A total of 123 patients underwent repair. These had undergone an average of 2.6 prior abdominal operations and 0.7 prior hernia repairs; the average defect size was 64.77 ± 86.79 cm. Twelve patients had lateral components release in addition to release of the anterior rectus sheath to achieve midline re-approximation with minimal tension. Synthetic mesh was used in 81 % of repairs and biologic mesh in 19 %. The most common complications were seroma formation (21 %) and incisional skin breakdown (30 %); no deaths occurred. The overall recurrence rate was 5.1 %, and 7 % for the group which had follow-up greater than 36 months. Use of biologic mesh increased the rate of seroma formation compared with synthetic mesh (50 vs. 14 %, p < 0.001), but did not increase the rate of wound breakdown (36.3 vs. 29.6 %, p = 0.72).

CONCLUSION

This case series describes the utilization of anterior rectus sheath release and mesh placement which is anterior to the rectus muscle. Hernia recurrence and intra-abdominal complications are observed to be uncommon after repair using this technique. Future prospective randomized studies are warranted.

摘要

背景

外科医生一直在寻找一种切口疝修补技术,该技术能在将成本和发病率降至最低的同时,使耐用性最大化。我们介绍一位外科医生采用1979年由N.L. 布劳斯和J.P. 谢夫雷尔描述的一种技术的经验。

方法

谢夫雷尔/布劳斯修补术包括双侧腹直肌前鞘松解、疝囊叠瓦状缝合、双侧腹直肌复合体向内侧移位,以及用前部人工补片加强修补。收集了2003年4月至2013年4月期间所有接受疝修补术患者的数据。

结果

共有123例患者接受了修补。这些患者平均之前接受过2.6次腹部手术和0.7次疝修补术;平均缺损大小为64.77±86.79平方厘米。
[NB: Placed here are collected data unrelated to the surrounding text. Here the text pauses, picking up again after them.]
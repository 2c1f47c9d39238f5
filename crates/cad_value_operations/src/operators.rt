// Operators on values in hand.
ghost use Rattle.std.specs.Prelude.{◌≡◌, ◌+◌, ◌-◌, ◌&&◌, IfOk};
ghost use Rattle.cad_evaluation.specs.Casts as casts;
ghost use Rattle.cad_evaluation.specs.Operators as spec;
ghost use Rattle.cad_evaluation.specs.Reading as reading;
ghost use Rattle.cad_operators.specs.Answers as answers;
ghost use Rattle.cad_outcomes.specs.Outcomes.{Gives, no_value};
ghost use Rattle.cad_receivers.specs.Views.{at_spot, settled_of, spot_of};
ghost use Rattle.cad_rows.specs.Views.{pure_shape, pure_tree};
ghost use Rattle.cad_state.specs.Views.{CarriesOut, FindsAndCarriesOut};
ghost use Rattle.cad_value_operations.specs.Code.Operators as code;
ghost use Rattle.cad_world.specs.State.{spend};
ghost use Rattle.cad_world.specs.Trees.{tree_weight};

use crate::charges::{parts_of, sum};
use crate::leaves::{optionals, shape};
use crate::spots::whole_of;
use cad_access::is_reference;
use cad_grammar::{BinaryOperator, UnaryOperator};
use cad_operators::laws::answers_are_charged;
use cad_operators::{denied, is_comparison, negated};
use cad_outcomes::{RunError, Stop};
use cad_receivers::{Settled, Spot, look, settle_reference};
use cad_rows::{Shape, Tree, discard_tree, owns, tree_height};
use cad_state::RunState;
use std::alloc::{AllocError, Global};

/// A copy of what a receiver is now; IllTyped where a resource is in it.
fn copied_spot(alloc: Global, spot: Spot<'_>) -> Result<Tree, Stop>
    ensures { Gives pure_tree (reading.copied (spot_of spot.entry).tree) result }
{
    match whole_of(alloc, spot) {
        Ok(tree) => {
            if owns(&tree) {
                discard_tree(tree);
                return Err(Stop::IllTyped);
            }
            Ok(tree)
        }
        Err(_) => Err(Stop::Memory),
    }
}

/// A copy of what a reference leads to that was settled.
fn copied_here(state: &RunState, receiver: Settled<'_>) -> Result<Tree, Stop>
    ensures { FindsAndCarriesOut pure_tree (at_spot (settled_of receiver.entry) casts.dereferenced) state.now state.now result }
{
    match look(state, receiver) {
        Ok(spot) => copied_spot(*state.making.allocator(), spot),
        Err(stop) => Err(stop),
    }
}

/// A copy of what a reference leads to.
fn referred(state: &mut RunState, shape: &Shape) -> Result<Tree, Stop>
    ensures { FindsAndCarriesOut pure_tree (code.dereferenced (pure_shape shape.now)) state.old state.new result }
{
    match settle_reference(state, shape) {
        Ok(settled) => copied_here(state, settled),
        Err(stop) => Err(stop),
    }
}

/// A copy of what a value refers to; IllTyped of what is no reference.
fn dereferenced(state: &mut RunState, tree: &Tree) -> Result<Tree, Stop>
    ensures { FindsAndCarriesOut pure_tree (spec.unary UnaryOperator.Dereference (pure_tree tree.now)) state.old state.new result }
{
    let own = shape(tree);
    if is_reference(optionals(tree), own) {
        return referred(state, own);
    }
    Err(Stop::IllTyped)
}

/// What an operator makes of its operand.
fn made_of(state: &mut RunState, operation: UnaryOperator, tree: &Tree) -> Result<Tree, Stop>
    ensures { FindsAndCarriesOut pure_tree (spec.unary operation (pure_tree tree.now)) state.old state.new result }
{
    match operation {
        UnaryOperator::Negate => negated(*state.making.allocator(), tree),
        UnaryOperator::Not => denied(*state.making.allocator(), tree),
        UnaryOperator::Dereference => dereferenced(state, tree),
        _ => Err(Stop::IllTyped),
    }
}

/// What an operator makes of its operand: Overflow where the kind has no such number, ReferenceInvalid where a reference leads
/// to what is gone, IllTyped of what it isn't for, and of an operator that isn't one of values.
pub fn unary(state: &mut RunState, operation: UnaryOperator, tree: Tree) -> Result<Tree, Stop>
    ensures { FindsAndCarriesOut pure_tree (spec.unary operation (pure_tree tree)) state.old state.new result }
{
    let made = made_of(state, operation, &tree);
    discard_tree(tree);
    made
}

/// Lets the operands of an operator go.
fn discard_both(a: Tree, b: Tree) {
    discard_tree(a);
    discard_tree(b)
}

/// Whether a value isn't too high to be compared.
fn is_low(tree: &Tree) -> bool
    ensures { result ≡ code.is_low (pure_tree tree.now) }
{
    tree_height(tree) <= 256
}

/// The parts of two values but the first of each.
fn parts_of_both(a: &Tree, b: &Tree) -> Result<u64, AllocError>
    ensures { IfOk result (λ n. n ≡ (tree_weight (pure_tree a.now) - 1) + (tree_weight (pure_tree b.now) - 1)) }
{
    let x = parts_of(a)?;
    let y = parts_of(b)?;
    sum(x, y)
}

/// Whether two values aren't too high to be compared.
fn are_low(a: &Tree, b: &Tree) -> bool
    ensures { result ≡ (code.is_low (pure_tree a.now) && code.is_low (pure_tree b.now)) }
{
    is_low(a) && is_low(b)
}

/// A unit for each part of two values but the first of each.
fn spend_parts(state: &mut RunState, a: &Tree, b: &Tree) -> Result<(), Stop>
    ensures { CarriesOut no_value (spend ((tree_weight (pure_tree a.now) - 1) + (tree_weight (pure_tree b.now) - 1))) state.old state.new result }
{
    match parts_of_both(a, b) {
        Ok(units) => state.spend(units),
        Err(_) => Err(Stop::Memory),
    }
}

/// Two values are compared: a unit for each part but the first of each. TooLarge where one is too high, Limit where so many units
/// aren't left.
pub fn compared(state: &mut RunState, a: &Tree, b: &Tree) -> Result<(), Stop>
    ensures { CarriesOut no_value (spec.compared (pure_tree a.now) (pure_tree b.now)) state.old state.new result }
{
    if are_low(a, b) {
        return spend_parts(state, a, b);
    }
    Err(Stop::Failed(RunError::TooLarge))
}

/// The units of an operator.
fn charge(state: &mut RunState, operation: BinaryOperator, a: &Tree, b: &Tree) -> Result<(), Stop>
    ensures { CarriesOut no_value (answers.charge operation (pure_tree a.now) (pure_tree b.now)) state.old state.new result }
{
    if is_comparison(operation) {
        compared(state, a, b)
    } else {
        Ok(())
    }
}

/// What an operator makes of its operands, with its charge.
fn charged(
    state: &mut RunState,
    operation: BinaryOperator,
    a: &Tree,
    b: &Tree,
) -> Result<Tree, Stop>
    ensures { CarriesOut pure_tree (answers.with_charge operation (pure_tree a.now) (pure_tree b.now)) state.old state.new result }
{
    match cad_operators::binary(*state.making.allocator(), operation, a, b) {
        Ok(made) => match charge(state, operation, a, b) {
            Ok(()) => Ok(made),
            Err(stop) => {
                discard_tree(made);
                Err(stop)
            }
        },
        Err(stop) => Err(stop),
    }
}

/// What an operator makes of its operands, both of them evaluated, with the charge of a comparison: Overflow, Underflow and
/// DivisionByZero where the kind has no such number, TooLarge of what is too high to be compared, Limit where no unit is left
/// for it, IllTyped of operands that it isn't for.
pub fn binary(
    state: &mut RunState,
    operation: BinaryOperator,
    a: Tree,
    b: Tree,
) -> Result<Tree, Stop>
    ensures { CarriesOut pure_tree (spec.binary operation (pure_tree a) (pure_tree b)) state.old state.new result }
{
    answers_are_charged();
    let made = charged(state, operation, &a, &b);
    discard_both(a, b);
    made
}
12例患者除了腹直肌前鞘松解外还进行了外侧成分松解,以在最小张力下实现中线重新对合。81%的修补使用了合成补片,19%使用了生物补片。最常见的并发症是血清肿形成(21%)和切口皮肤裂开(30%);无死亡病例。总体复发率为5.1%,随访超过36个月的组复发率为7%。与合成补片相比,使用生物补片增加了血清肿形成的发生率(50%对14%,p<0.001),但未增加伤口裂开的发生率(36.3%对29.6%,p=0.72)。

结论

本病例系列描述了腹直肌前鞘松解和在腹直肌前方放置补片的应用。采用该技术修补后,疝复发和腹腔内并发症并不常见。未来有必要进行前瞻性随机研究。